The Company’s convertible notes at September 30, 1999 consist of $115,000,000 of 6.25% Convertible Subordinated Notes due 2006. The notes were issued on November 25, 1996, and will mature on November 15, 2006. The notes are unsecured and convertible into common stock of the Company at the option of the holders at any time prior to maturity at an adjusted conversion price of $31.534 per share, subject to adjustment upon the occurrence of certain events. The original conversion price of $34.6875 was adjusted downward to reflect the October 1997 10% stock dividend. Interest on the notes is payable semiannually on May 15 and November 15, and commenced with the first payment on May 15, 1997. On or after November 15, 1999, the notes are redeemable for cash at the option of the Company, with certain restrictions, at 104.375% of principal, declining to 100.625% in 2005. Upon certain changes in control of the Company, if the price of the Company’s common stock is not above certain levels, each holder of notes will have the right to require the Company to repurchase the notes at 101% of the principal amount thereof, together with accrued and unpaid interest to the date of repurchase, but after the repayment of any Senior Indebtedness, as defined.
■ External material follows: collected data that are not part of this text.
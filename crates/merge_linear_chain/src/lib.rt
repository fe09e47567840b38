// One linear chain of vertices becomes one vertex (`merge_linear_chain`): it joins one row of vertices between two given ones, which a
// checker of logs needs. Simplification joins all chains at once (crate `zip_linear_chains`) and takes only `write_chain` from here.
#![tactic(auto)]

ghost use Rattle.std.specs.Prelude.{◌+◌, ◌*◌, ◌<◌};
ghost use Rattle.index.specs.Index.{Indexed};
ghost use Rattle.memory.specs.Memory.{Room, Holds};
ghost use Rattle.merge_linear_chain.specs.Zip.{SequenceCopyable, Copied, ChainWritable, ChainWritten, EdgesMoved, Chain, Joined};

use memory::Held;

// Copies the sequence of v to `at`; where it ends.
fn append_sequence(vs: &[u32], p: &mut [u8], at: usize, v: u32) -> usize
    requires { SequenceCopyable vs.now p.old at v }
    ensures { Copied vs.now p.old at v result p.new }
{
    let start = store::vertex_start(vs, v);
    let len = store::vertex_len(vs, v);
    pool::copy_within(p, at, start, len);
    at + len
}

// Writes the sequences of `start` and of the first c of `nodes` to `used` on, one behind the other; where they end.
pub fn write_chain(
    vs: &[u32],
    p: &mut [u8],
    used: usize,
    start: u32,
    nodes: &[u32],
    c: usize,
) -> usize
    requires { ChainWritable vs.now p.old used start nodes.now c }
    ensures { ChainWritten vs.now p.old used start nodes.now c result p.new }
{
    let mut at = append_sequence(vs, p, used, start);
    for v in &nodes[..c] {
        at = append_sequence(vs, p, at, *v);
    }
    at
}

// The edges out of `last` leave `start` and keep their places.
fn move_edges(
    es: &mut [u32],
    m: usize,
    n: usize,
    heads: &[u32],
    nexts: &[u32],
    last: usize,
    start: u32,
)
    requires { (last < n) × Indexed m n es.old heads.now nexts.now }
    ensures { EdgesMoved m es.old last start es.new }
{
    let mut e = heads[2 * last] as usize;
    while e < m {
        store::put_edge_from(es, e, start);
        e = nexts[2 * e] as usize;
    }
}

// The chain of `start` and the first c of `nodes` becomes the vertex `start`.
pub fn merge_linear_chain(
    held: Held,
    es: &mut [u32],
    vs: &mut [u32],
    p: &mut [u8],
    heads: &[u32],
    nexts: &[u32],
    nodes: &[u32],
    map: &mut [u32],
    start: u32,
    c: usize,
) -> Held
    requires { Room es.old vs.old p.old heads.now nexts.now nodes.now map.old
        × (Holds held es.old vs.old p.old heads.now nexts.now
        × (Indexed held.m held.n es.old heads.now nexts.now × Chain held es.old vs.old p.old nodes.now start c)) }
    ensures { Joined held es.old vs.old p.old heads.now nexts.now
        nodes.now start c result es.new vs.new p.new map.new }
{
    let used = held.used;
    let end = write_chain(vs, p, used, start, nodes, c);
    store::put_vertex(vs, start as usize, used as u32, (end - used) as u32);
    let last = nodes[c - 1] as usize;
    move_edges(es, held.m, held.n, heads, nexts, last, start);
    let left = compact::remove_vertices_by_id(es, vs, held.n, held.m, nodes, c, map);
    let base = 2 * (heads.len() / 2);
    let used = pool::pack(vs, left.n, p, base);
    Held {
        n: left.n,
        m: left.m,
        used,
        ..held
    }
}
The Company’s senior notes at September 30, 1999 consist of $125,000,000 of 10.25% Senior Subordinated Notes due 2009. The notes were issued at 99.236% of the principal amount on August 4, 1999, and will mature on August 1, 2009. The notes are unsecured senior subordinated obligations and are subordinated in right of payment to all our existing and future senior debt, including our bank debt. Interest on the notes is payable semiannually on February 1 and August 1, and commences with the first payment on February 1, 2000. On or after August 1, 2004, the notes are redeemable for cash at the option of Swift, with certain restrictions, at 105.125% of principal, declining to 100% in 2007. In addition, prior to August 1, 2002, we may redeem up to 33.33% of the notes with the proceeds of qualified offerings of our equity at 110.25% of the principal amount of the notes, together with accrued and unpaid interest. Upon certain changes in control of the Company, each holder of notes will have the right to require the Company to repurchase the notes at a purchase price in cash equal to 101% of the principal amount, plus accrued and unpaid interest to the date of purchase.

(4) STOCKHOLDERS' EQUITY

 

In August of 1999, we sold 4.6 million shares of common stock in a public offering for $9.75 per share, with net proceeds of approximately $42.1 million.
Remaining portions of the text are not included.